• EXERCISE DESCRIPTION
Which lines of the listing hold the string "rows"? Show each of them.

+-------+

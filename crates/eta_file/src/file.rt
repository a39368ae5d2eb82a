//! The eta file.

ghost use Rattle.std.specs.Prelude.{◌≡◌, ◌≢◌, ℕ, ◌+◌, ◌-◌, ◌*◌, ◌<◌, ◌≤◌, [], ◌∷◌, length, take, map, filter, All, nat_eq, not, IfOk, IfSome, IfErr, OnOk};
ghost use Rattle.std.specs.Prelude.{OnErr, slice_index_or};
ghost use Rattle.exact_values.specs.Rational.{zero_ℚ};
ghost use Rattle.exact_values.specs.Tests.{eq_ℚ};
ghost use Rattle.lp_definitions.specs.LinearProgram.{IsMatrix, IsVariable, IsColumn, column, size, value_at};
ghost use Rattle.lp_definitions.specs.Basis.{is_in, IsBasic, IsNonbasic, IsNonsingular, IsDirectionOf, exchanged, row_basics};
ghost use Rattle.lp_definitions.specs.Waypoints.{waypoint};
ghost use Rattle.lp_definitions.specs.RatesEvidence.{ExchangeRefused};
ghost use Rattle.lp_model.specs.RatesCalls.{HasPivot, ColumnOverflow, ExchangeOverflow};
ghost use Rattle.eta_file.specs.Transformations.{AreZero, NoneLater, LeftAt};
ghost use Rattle.eta_file.specs.Prefixes.{Passed, entry_of, entries_to, IsLent, IsLentScaled, IsExchangeOf, basic_columns, after, entry_count};
ghost use Rattle.eta_file.specs.declared.eta.StoredEta.{StoredEta};
ghost use Rattle.eta_file.specs.Inverse.{ways_of, IsAppended, IsNextEta, IsDirectionAfter, file_state};
ghost use Rattle.eta_file.specs.WordColumns.{AreWordsOf};
ghost use Rattle.eta_file.specs.Workspaces.{IsWorkspaceFor};
ghost use Rattle.whole_vectors.specs.Quotients.{Represent};

use crate::basic_set::{BasicSet, place_of};
use crate::carry::{clear, fill_column, last_left, leave, transform};
use crate::eta::{Eta, EtaEntry, ScaledEta, StoredEta};
use crate::guess::{gathered, has_long_numbers, keeps_equations};
use crate::modular::{ModularFile, ModularState};
use crate::steps::Steps;
use crate::whole::{begin_whole, leave_whole, transform_whole, whole_eta};
use crate::words::{WordEntry, words_of_columns};
use crate::workspace::ColumnWorkspace;
use frac128::Frac;
use lp_model::{Entry, Evidence, Lp, NoMemory, Ratio, SparseVector, Stop};
use std::alloc::Global;
use std::marker::{Brand, Model};
use std::mem::replace;
use std::rc::Rc;
use std::sync::ledger::{Blank, Ledger};
use whole_vectors::{LARGE, SparseWholes};

/// The most etas that a file holds.
const MOST_ETAS: usize = 4_294_967_294;

/// A denominator of this size or more is reduced, where numbers that fit one machine word mostly stay words.
const VERY_LARGE: u128 = 1 << 58;

/// An eta whose direction has fewer numbers that aren't 0 is kept in lowest terms, since its fractions may be asked for often.
const FEW_NUMBERS: usize = 40;

/// A direction carried with fewer places is put by these, and another one by the basics.
const FEW_PLACES: usize = 48;

/// The least denominator that may have a common divisor with numbers.
const LEAST: u128 = 2;

/// A set of basics of one matrix, and the exchanges that led to it from the rows. Waypoint w, from 1, is the set of basics after the
/// first w - 1 etas.
#[derive(Drop)]
pub struct EtaFile {
    rows: u32,
    cols: u32,
    columns: Rc<Vec<Vec<Entry>>, Global>,
    words: Rc<Vec<Option<Vec<WordEntry>>>, Global>,
    basics: BasicSet,
    etas: Vec<StoredEta>,
    modular: ModularState,
    alloc: Global,
}

impl Model for EtaFile {
    ghost use Rattle.eta_file.specs.Inverse.{Inverse};

    ghost Value = { Inverse };

    ghost use Rattle.eta_file.specs.File.{inverse_of, IsFile};

    ghost view = { inverse_of };

    ghost invariant = { IsFile };
}

/// A mark for each row, and none for the columns.
fn row_marks(alloc: Global, lp: &Lp) -> Result<Vec<bool>, NoMemory>
    ensures { IfOk result (λ marks. marks.items ≡ row_basics lp.now.matrix) }
{
    let mut marks = Vec::new(alloc);
    for k in 0..lp.number_of_variables() {
        marks.push(k < lp.rows).map_err(|_| NoMemory)?;
    }
    Ok(marks)
}

/// The numbers of a direction at the listed variables, where they are not 0.
fn entries_of(alloc: Global, direction: &[Frac], listed: &[u32]) -> Result<Vec<EtaEntry>, NoMemory>
    requires { All (λ k. (1 ≤ k) × (k ≤ length direction.now)) listed.now }
    ensures { IfOk result (λ entries. entries.items ≡ map (entry_of (value_at direction.now))
        (filter (λ k. not (eq_ℚ (value_at direction.now k) zero_ℚ)) listed.now)) }
{
    let mut entries = Vec::new(alloc);
    for k in listed {
        let rate = direction[*k as usize - 1];
        if !rate.is_zero() {
            entries
                .push(EtaEntry {
                    i: *k,
                    rate: Ratio::of(rate),
                })
                .map_err(|_| NoMemory)?;
        }
    }
    Ok(entries)
}

/// The numbers of a direction at the basics, where they are not 0.
fn entries_at(
    alloc: Global,
    direction: &[Frac],
    basics: &BasicSet,
) -> Result<Vec<EtaEntry>, NoMemory>
    requires { length direction.now ≡ length basics.now }
    ensures { IfOk result (λ entries. entries.items ≡ entries_to basics.now (value_at direction.now)
        (length basics.now)) }
{
    entries_of(alloc, direction, basics.listed())
}

/// A rate as an eta keeps it: in lowest terms where the direction has few numbers.
#[inline(always)]
fn kept_rate(rate: &Ratio, few: bool) -> Ratio
    ensures { result ≡ rate.now }
{
    if few {
        Ratio::of(rate.reduced())
    } else {
        rate.copy()
    }
}

/// The numbers of a direction at the listed variables but `q`.
fn entries_but(
    alloc: Global,
    direction: &[Ratio],
    listed: &[u32],
    q: u32,
) -> Result<Vec<EtaEntry>, NoMemory>
    requires { All (λ k. (1 ≤ k) × (k ≤ length direction.now)) listed.now }
    ensures { IfOk result (λ entries. entries.items ≡ map (entry_of (value_at direction.now))
        (filter (λ k. not (nat_eq k q)) listed.now)) }
{
    let mut entries = Vec::with_capacity(alloc, listed.len())?;
    for k in listed {
        if *k != q {
            let rate = kept_rate(&direction[*k as usize - 1], listed.len() < FEW_NUMBERS);
            entries
                .push(EtaEntry { i: *k, rate })
                .map_err(|_| NoMemory)?;
        }
    }
    Ok(entries)
}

+-------+

• YOUR RESPONSE
/// A set of basics of one matrix, and the exchanges that led to it from the rows. Waypoint w, from 1, is the set of basics after the
    rows: u32,
        marks.push(k < lp.rows).map_err(|_| NoMemory)?;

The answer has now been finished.